» What you are asked to do: All of the data needs to be reproduced with no alterations.

[Opening Source information section]

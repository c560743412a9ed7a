//! Vectors that are evaluated at once, each in a lane of its own.

ghost use Rattle.std.specs.Prelude.{◌≡◌, ◌<◌, ◌≤◌, true, length, IfOk};
ghost use Rattle.design_eval.specs.Bits.{AreBelow};
ghost use Rattle.design_eval.specs.Blocks.{HaveKept, IsBlock, IsRowOf};
ghost use Rattle.design_eval.specs.Plans.{IsPlan};

use crate::lanes::{LANES, read_lane, stand_in};
use crate::plan::Plan;
use crate::word_truth::settle_words;
use design_netlist::Netlist;
use std::alloc::{AllocError, Global};

/// A block takes about as long as so many vectors do one after the other.
const LINES_AT_LEAST: u32 = 8;

/// After a block in which few bits changed, so many vectors get none: marks are cheaper there.
const VECTORS_WITHOUT_BLOCKS: u32 = 1023;

/// The last vectors that were evaluated at once. A vector that is asked for gets the row of its lane where it has one.
#[derive(Drop)]
pub struct Block {
    /// A word for each signal, with a bit for each vector; words of signals that nothing drives stay 0.
    pub words: Vec<u64>,
    /// How many vectors were evaluated.
    pub count: u32,
    /// The lane of the vector that is likely to be asked for next.
    pub next: u32,
    /// How many vectors get no block next.
    pub pause: u32,
}

/// A block with no vectors.
pub fn no_vectors(alloc: Global, netlist: &Netlist) -> Result<Block, AllocError>
    ensures { IfOk result (IsBlock netlist.now) }
{
    let words = vec![in alloc; 0u64; netlist.parts().names.len()]?;
    Ok(Block {
        words,
        count: 0,
        next: 0,
        pause: 0,
    })
}

// Whether a vector's bytes and an LF stand at a place of the text.
fn is_line(text: &[u8], from: usize, width: usize) -> bool {
    let end = from.saturating_add(width);
    if end >= text.len() || text[end] != b'\n' {
        return false;
    }
    'bytes: for at in from..end {
        if text[at] != b'0' && text[at] != b'1' {
            return false;
        }
    }
    true
}

// How many lines of a vector's bytes alone stand at the beginning of the text, at most one fewer than there are lanes.
fn lines_in(text: &[u8], width: usize) -> u32
    ensures { result ≤ 63 }
{
    let mut from = 0usize;
    'lines: for count in 0..LANES - 1 {
        if !is_line(text, from, width) {
            return count;
        }
        from = from.saturating_add(width).saturating_add(1);
    }
    LANES - 1
}

// The word of an input: its bit in the first lane, and its bits on the lines of the text in the lanes behind. It is
// a guess, on which nothing rests: a lane's bits are compared with the vector that is asked for.
fn column(bit: bool, text: &[u8], place: usize, size: usize, lines: u32) -> u64 {
    let mut word = 0u64;
    let mut at = (lines as usize).saturating_mul(size).saturating_add(place);
    'lines: for _ in 0..lines {
        at = at.saturating_sub(size);
        let byte = if at < text.len() { text[at] } else { b'0' };
        word = (word << 1) | u64::from(byte & 1);
    }
    (word << 1) | u64::from(bit)
}

// Gives the inputs their bits in all lanes: the vector's in the first one, and those of the lines behind.
fn put_columns(words: &mut Vec<u64>, signals: &[u32], vector: &[bool], text: &[u8], lines: u32)
    requires bits { length vector.now ≡ length signals.now }
    requires within { AreBelow (length words.old.items) signals.now }
    ensures size { length words.new.items ≡ length words.old.items }
    ensures kept { HaveKept signals.now words.old.items words.new.items }
{
    let size = signals.len().saturating_add(1);
    'signals: for k in 0..signals.len() {
        words[signals[k] as usize] = column(vector[k], text, k, size, lines);
    }
}

// How many vectors get no block after this one: some, if from lane to lane fewer than one of a hundred bits change.
fn pause_after(words: &[u64]) -> u32 {
    let mut changes = 0u64;
    'words: for k in 0..words.len() {
        let changed = (words[k] ^ (words[k] << 1)) & !1;
        changes = changes.saturating_add(u64::from(changed.count_ones()));
    }
    if changes < words.len() as u64 / 2 {
        VECTORS_WITHOUT_BLOCKS
    } else {
        0
    }
}

// Evaluates a vector and those on the lines of the text at once.
fn fill_lanes(
    block: &mut Block,
    netlist: &Netlist,
    plan: &Plan,
    vector: &[bool],
    text: &[u8],
    lines: u32,
)
    requires plan { IsPlan netlist.now plan.now }
    requires block { IsBlock netlist.now block.old }
    requires inputs { length vector.now ≡ length netlist.now.inputs }
    requires lines { lines ≤ 63 }
    ensures block { IsBlock netlist.now block.new }
    ensures some { 0 < block.new.count }
{
    let covers = netlist.parts().covers.as_slice();
    put_columns(&mut block.words, &plan.wiring.inputs, vector, text, lines);
    settle_words(&plan.turns, covers, &mut block.words);
    block.count = lines + 1;
    block.pause = pause_after(&block.words);
}

// Gives the row of a vector if a lane has it.
fn give_lane(
    block: &Block,
    netlist: &Netlist,
    plan: &Plan,
    lane: u32,
    vector: &[bool],
    out: &mut [bool],
) -> bool
    requires plan { IsPlan netlist.now plan.now }
    requires block { IsBlock netlist.now block.now }
    requires latches { length netlist.now.latches ≡ 0 }
    requires lane { lane < block.now.count }
    requires inputs { length vector.now ≡ length netlist.now.inputs }
    requires outputs { length out.old ≡ length netlist.now.outputs }
    ensures { result ≡ true → IsRowOf netlist.now vector.now out.new }
{
    let _draft = netlist.parts();
    if !stand_in(&block.words, &plan.wiring.inputs, lane, vector) {
        return false;
    }
    read_lane(&block.words, &plan.wiring.outputs, lane, out);
    true
}

/// Gives the row of a vector where it can be evaluated with others at once, or was. `ahead` is the text behind the
/// vector, as far as it is known: a guess at the next vectors, on which no row rests. False leaves the row undone.
/// Takes no memory.
pub fn give_ahead(
    block: &mut Block,
    netlist: &Netlist,
    plan: &Plan,
    vector: &[bool],
    ahead: &[u8],
    out: &mut [bool],
) -> bool
    requires plan { IsPlan netlist.now plan.now }
    requires block { IsBlock netlist.now block.old }
    requires inputs { length vector.now ≡ length netlist.now.inputs }
    requires outputs { length out.old ≡ length netlist.now.outputs }
    ensures block { IsBlock netlist.now block.new }
    ensures row { result ≡ true → IsRowOf netlist.now vector.now out.new }
{
    if !netlist.parts().latches.as_slice().is_empty() {
        return false;
    }
    if block.next < block.count {
        let lane = block.next;
        block.next += 1;
        if give_lane(block, netlist, plan, lane, vector, out) {
            return true;
        }
    }
    if block.pause > 0 {
        block.pause -= 1;
        return false;
    }
    let lines = lines_in(ahead, vector.len());
    if lines < LINES_AT_LEAST {
        return false;
    }
    fill_lanes(block, netlist, plan, vector, ahead, lines);
    block.next = 1;
    give_lane(block, netlist, plan, 0, vector, out)
}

[Closing Source information section]

» Response to this exercise:
repository c560743412a9ed7a
//! Vectors that are evaluated at once, each in a lane of its own.

ghost use Rattle.std.specs.Prelude.{◌≡◌, ◌<◌, ◌≤◌, true, length, IfOk};
ghost use Rattle.design_eval.specs.Bits.{AreBelow};
ghost use Rattle.design_eval.specs.Blocks.{HaveKept, IsBlock, IsRowOf};
ghost use Rattle.design_eval.specs.Plans.{IsPlan};

use crate::lanes::{LANES, read_lane, stand_in};
use crate::plan::Plan;
use crate::word_truth::settle_words;
use design_netlist::Netlist;
use std::alloc::{AllocError, Global};

/// A block takes about as long as so many vectors do one after the other.
const LINES_AT_LEAST: u32 = 8;

/// After a block in which few bits changed, so many vectors get none: marks are cheaper there.
const VECTORS_WITHOUT_BLOCKS: u32 = 1023;

/// The last vectors that were evaluated at once. A vector that is asked for gets the row of its lane where it has one.
#[derive(Drop)]
pub struct Block {
    /// A word for each signal, with a bit for each vector; words of signals that nothing drives stay 0.
    pub words: Vec<u64>,
    /// How many vectors were evaluated.
    pub count: u32,
    /// The lane of the vector that is likely to be asked for next.
    pub next: u32,
    /// How many vectors get no block next.
    pub pause: u32,
}

/// A block with no vectors.
pub fn no_vectors(alloc: Global, netlist: &Netlist) -> Result<Block, AllocError>
    ensures { IfOk result (IsBlock netlist.now) }
{
    let words = vec![in alloc; 0u64; netlist.parts().names.len()]?;
    Ok(Block {
        words,
        count: 0,
        next: 0,
        pause: 0,
    })
}

// Whether a vector's bytes and an LF stand at a place of the text.
fn is_line(text: &[u8], from: usize, width: usize) -> bool {
    let end = from.saturating_add(width);
    if end >= text.len() || text[end] != b'\n' {
        return false;
    }
    'bytes: for at in from..end {
        if text[at] != b'0' && text[at] != b'1' {
            return false;
        }
    }
    true
}

// How many lines of a vector's bytes alone stand at the beginning of the text, at most one fewer than there are lanes.
fn lines_in(text: &[u8], width: usize) -> u32
    ensures { result ≤ 63 }
{
    let mut from = 0usize;
    'lines: for count in 0..LANES - 1 {
        if !is_line(text, from, width) {
            return count;
        }
        from = from.saturating_add(width).saturating_add(1);
    }
    LANES - 1
}

// The word of an input: its bit in the first lane, and its bits on the lines of the text in the lanes behind. It is
// a guess, on which nothing rests: a lane's bits are compared with the vector that is asked for.
fn column(bit: bool, text: &[u8], place: usize, size: usize, lines: u32) -> u64 {
    let mut word = 0u64;
    let mut at = (lines as usize).saturating_mul(size).saturating_add(place);
    'lines: for _ in 0..lines {
        at = at.saturating_sub(size);
        let byte = if at < text.len() { text[at] } else { b'0' };
        word = (word << 1) | u64::from(byte & 1);
    }
    (word << 1) | u64::from(bit)
}

// Gives the inputs their bits in all lanes: the vector's in the first one, and those of the lines behind.
fn put_columns(words: &mut Vec<u64>, signals: &[u32], vector: &[bool], text: &[u8], lines: u32)
    requires bits { length vector.now ≡ length signals.now }
    requires within { AreBelow (length words.old.items) signals.now }
    ensures size { length words.new.items ≡ length words.old.items }
    ensures kept { HaveKept signals.now words.old.items words.new.items }
{
    let size = signals.len().saturating_add(1);
    'signals: for k in 0..signals.len() {
        words[signals[k] as usize] = column(vector[k], text, k, size, lines);
    }
}

// How many vectors get no block after this one: some, if from lane to lane fewer than one of a hundred bits change.
fn pause_after(words: &[u64]) -> u32 {
    let mut changes = 0u64;
    'words: for k in 0..words.len() {
        let changed = (words[k] ^ (words[k] << 1)) & !1;
        changes = changes.saturating_add(u64::from(changed.count_ones()));
    }
    if changes < words.len() as u64 / 2 {
        VECTORS_WITHOUT_BLOCKS
    } else {
        0
    }
}

// Evaluates a vector and those on the lines of the text at once.
fn fill_lanes(
    block: &mut Block,
    netlist: &Netlist,
    plan: &Plan,
    vector: &[bool],
    text: &[u8],
    lines: u32,
)
    requires plan { IsPlan netlist.now plan.now }
    requires block { IsBlock netlist.now block.old }
    requires inputs { length vector.now ≡ length netlist.now.inputs }
    requires lines { lines ≤ 63 }
    ensures block { IsBlock netlist.now block.new }
    ensures some { 0 < block.new.count }
{
    let covers = netlist.parts().covers.as_slice();
    put_columns(&mut block.words, &plan.wiring.inputs, vector, text, lines);
    settle_words(&plan.turns, covers, &mut block.words);
    block.count = lines + 1;
    block.pause = pause_after(&block.words);
}

// Gives the row of a vector if a lane has it.
fn give_lane(
    block: &Block,
    netlist: &Netlist,
    plan: &Plan,
    lane: u32,
    vector: &[bool],
    out: &mut [bool],
) -> bool
    requires plan { IsPlan netlist.now plan.now }
    requires block { IsBlock netlist.now block.now }
    requires latches { length netlist.now.latches ≡ 0 }
    requires lane { lane < block.now.count }
    requires inputs { length vector.now ≡ length netlist.now.inputs }
    requires outputs { length out.old ≡ length netlist.now.outputs }
    ensures { result ≡ true → IsRowOf netlist.now vector.now out.new }
{
    let _draft = netlist.parts();
    if !stand_in(&block.words, &plan.wiring.inputs, lane, vector) {
        return false;
    }
    read_lane(&block.words, &plan.wiring.outputs, lane, out);
    true
}

/// Gives the row of a vector where it can be evaluated with others at once, or was. `ahead` is the text behind the
/// vector, as far as it is known: a guess at the next vectors, on which no row rests. False leaves the row undone.
/// Takes no memory.
pub fn give_ahead(
    block: &mut Block,
    netlist: &Netlist,
    plan: &Plan,
    vector: &[bool],
    ahead: &[u8],
    out: &mut [bool],
) -> bool
    requires plan { IsPlan netlist.now plan.now }
    requires block { IsBlock netlist.now block.old }
    requires inputs { length vector.now ≡ length netlist.now.inputs }
    requires outputs { length out.old ≡ length netlist.now.outputs }
    ensures block { IsBlock netlist.now block.new }
    ensures row { result ≡ true → IsRowOf netlist.now vector.now out.new }
{
    if !netlist.parts().latches.as_slice().is_empty() {
        return false;
    }
    if block.next < block.count {
        let lane = block.next;
        block.next += 1;
        if give_lane(block, netlist, plan, lane, vector, out) {
            return true;
        }
    }
    if block.pause > 0 {
        block.pause -= 1;
        return false;
    }
    let lines = lines_in(ahead, vector.len());
    if lines < LINES_AT_LEAST {
        return false;
    }
    fill_lanes(block, netlist, plan, vector, ahead, lines);
    block.next = 1;
    give_lane(block, netlist, plan, 0, vector, out)
}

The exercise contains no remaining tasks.